Campbell & Stanley (1963) identified eight threats to internal validity. Gliner & Morgan (2000) grouped these threats into two main types, equivalence of groups on participant characteristics and control of extraneous experience or environmental variables. These eight threats, with Gliner & Morgan’s classifications, are:

  1. History – results you see may be due to environmental events influencing the outcomes. (Experiences/Environment)
  2. Maturation – subjects change over time. For example, just because you see that someone’s math has improved over time doesn’t mean that the curriculum you used was the cause of that improvement.(Experiences/Environment)
  3. Testing – a.k.a. the “practice effect,” with repeated testing subjects will get better, not because of the intervention. (Experiences/Environment)
  4. Instrumentation – scoring can change; calibration of instruments can drift; different raters may give different results. (Experiences/Environment)
  5. Statistical regression – subjects with extreme scores will tend to have less extreme scores when you test them again. (Participant characteristics)
  6. Differential selection – e.g. if you let subjects pick their own group, the two groups may differ in some way that influences the outcomes. (Participant characteristics)
  7. Experimental mortality – subject drop out may differ according to what treatment the subject receives. (Participant characteristics)
  8. Selection-maturation interaction – biases in assignment may interact differentially with maturation or other factors. (Participant characteristics)

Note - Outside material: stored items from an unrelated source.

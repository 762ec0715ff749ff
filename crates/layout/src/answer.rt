// A look-up's answer: "word 0 is 1 (standing) or 2 (variation)", and "3 for standing and 4 for variation" while it is fresh; the offer's words follow it.
use crate::offer;

// "24 words"
pub const WORDS: usize = 24;

// Word 0: of a look-up what was found, of a total how many facilities have "an offer in force".
pub const FIRST: usize = 0;

// Numbers, as a look-up's word 0 is one.
pub const STANDING: i32 = 1;

pub const VARIATION: i32 = 2;

pub const FRESH_STANDING: i32 = 3;

pub const FRESH_VARIATION: i32 = 4;

pub const OFFER: usize = 1;

pub const PROPORTION: usize = OFFER + offer::PROPORTION;

pub const RAMP_UP: usize = OFFER + offer::RAMP_UP;

pub const RAMP_DOWN: usize = OFFER + offer::RAMP_DOWN;

pub const PAIRS: usize = OFFER + offer::PAIRS;
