// F and S of a book, and where they put its parts.
ghost use Rattle.std.specs.Prelude.{◌≡◌, ◌+◌, ◌*◌, ◌≤◌};
ghost use Rattle.book_rules.specs.Words.{book_size};

use crate::{cell, facility, head};

// "F not 1 to 64, S not 1 or 5" is refused.
#[derive(Clone, Copy, Debug, PartialEq, Eq)]
pub struct Sizes {
    pub facilities: usize,
    pub services: usize,
    pub ghost few_facilities: { facilities ≤ 64 },
    pub ghost few_services: { services ≤ 5 },
}

impl Sizes {
    // "Then cells": past the head and the facilities.
    pub fn first_cell(self) -> usize
        ensures { (result ≡ 64 + 32 * self.facilities) × (result ≤ 2112) }
    {
        head::WORDS + facility::WORDS * self.facilities
    }

    // "It needs N = 64 + 32·F + 16,128·F·S words."
    #[tactic(auto, unfolding(book_rules::specs::Words::book_size))]
    pub fn book_size(self) -> usize
        ensures value { result ≡ book_size self.facilities self.services }
        ensures most { result ≤ 5163200 }
    {
        self.first_cell() + cell::SERVICE_WORDS * (self.facilities * self.services)
    }
}
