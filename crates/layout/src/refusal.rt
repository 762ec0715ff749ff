// Document 01, "Who draws which number", and document 02's number beside them: what a call is refused for.
ghost use Rattle.std.specs.Prelude.{◌≡◌, ◌≤◌};
ghost use Rattle.offer_rules.specs.Numbers.{draw};
ghost use Rattle.layout.specs.Refusal.{number, drawn};

#[derive(Clone, Copy, Debug, PartialEq, Eq)]
pub enum Refusal {
    // "fewer than 64 words, mark or version wrong, F not 1 to 64, S not 1 or 5, fewer than N words, or clock outside 0 to 1,000,000,000"
    BookUnusable = 1,

    // "not 112 bytes, or mark, version or call wrong"
    NotARecord = 2,

    // "facility ≥ F or service ≥ S, where used"
    NotInBook = 3,

    // "an unused byte not zero"
    UnusedByte = 4,

    // "facility has kind neither 1 nor 2 in the book", nor 3
    NoKind = 5,

    // "A below now or above 1,000,000,000"
    Clock = 6,

    // "outage: ..; notice: ..; withdrawal: .."
    Notice = 7,

    // "capability: .."
    Capability = 8,

    // "mark for the service not 1", or a link's offer for another than energy
    NotRegistered = 9,

    // "slot outside 0–335; P begun (30·P ≤ now) or P ≥ 48·(d + 7)"
    Period = 10,

    // "reason above 6, quantity outside 0–99,999, price outside its limits"
    OutOfRange = 11,

    // "blank pair with a price", or one that "stands before a non-blank one"
    Blank = 12,

    // "prices of non-blank pairs not strictly rising"
    PricesDontRise = 13,

    // "energy ramp outside 0 to its maximum"; "also covers a ramp above 9,999"
    Ramp = 14,

    // "generation reserve: proportion 0 or above its maximum"
    Proportion = 15,

    // "total above generation or combined maximum (energy), or above the service's own"
    AboveCapacity = 16,

    // "gate"
    GateClosed = 17,

    // "standing offer equal to the held one"
    Duplicate = 18,

    // "nothing in force"
    NothingInForce = 19,

    // "opening: .."
    Opening = 20,

    // "the date doesn't exist, the year is outside 2024–2099, the period is outside 1–48, or P is below 0 or beyond the last date's"
    Date = 21,
}

// Of 32 bits, as C gets it.
impl From<Refusal> for u32 {
    ghost from_gives = { λ refusal n. (n ≡ number refusal) × (n ≤ 21) };

    fn from(refusal: Refusal) -> u32 {
        refusal as u32 // its discriminant
    }
}

// Refused where a test applies: what is known of it is one condition, so no value could say more than the flag.
#[tactic(auto, unfolding(offer_rules::specs::Numbers::draw))]
pub fn refuse_if(applies: bool, refusal: Refusal) -> Result<(), Refusal>
    ensures number { drawn result ≡ draw applies (number refusal) }
    ensures bound { drawn result ≤ number refusal }
{
    if applies { Err(refusal) } else { Ok(()) }
}

// The number that a test or a call returns: 0 where it isn't refused. No `From`, as neither type is of this crate.
pub fn drawn(outcome: Result<(), Refusal>) -> u32
    ensures { (result ≡ drawn outcome) × (result ≤ 21) }
{
    match outcome {
        Ok(()) => 0,
        Err(refusal) => u32::from(refusal),
    }
}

According to Cook & Campbell (1979), seven of these threats (all except experimental mortality) can be ruled out by the use of control group designs and random assignment of subjects to the various treatment and control groups–i.e., by using a randomized experimental design with control groups. But Cook & Campbell identified four threats in addition to experimental mortality that are not ruled out by experimental control group designs:

  1. Diffusion/imitation of treatment
  2. Compensatory equalization of treatments
  3. Compensatory rivalry
  4. Resentful demoralization

These four threats arise particularly in field experiments, where groups receiving different treatments can observe each other (Cook & Shadish, 1994). If there this sort of interference between the groups, internal validity may be compromised.

How do you get around that? More modern treatments of causal inference such as Rubin’s potential outcomes model suggest some possibilities. Perhaps I’ll tackle that in a separate post along with some discussion of alternate views of the epistemology of causality, such as Lincoln & Guba’s (1985) constructivist paradigm.


Campbell, D.T. & Stanley, J.C. (1963). Experimental and Quasi-Experimental Designs for Research. Chicago: Rand-McNally.

Cook, T.D., & Campbell, D.T. (1979). Quasi-Experimentation: Design and Analysis Issues for Field Settings. Boston: Houghton Mifflin.

Cook, T. D., & Shadish, W. R. (1994). Social experiments: Some developments over the past fifteen years. Annual Review of Psychology, 45(1), 545-580.

Gliner, J. A., & Morgan, G. A. (2000). Research Methods in Applied Settings: An Integrated Approach to Design and Analysis. Mahwah, N.J: Lawrence Erlbaum.

Lincoln, Y.S., & Guba, E.G. (1985). Naturalistic Inquiry. Newbury Park, CA: Sage.

Porter, A.C. (1997). Comparative experiments in educational research. In Jaeger, R.M. (Ed), Complementary Methods for Research in Education (2nd ed., pp.524-544). Washington, DC: American Educational Research Association.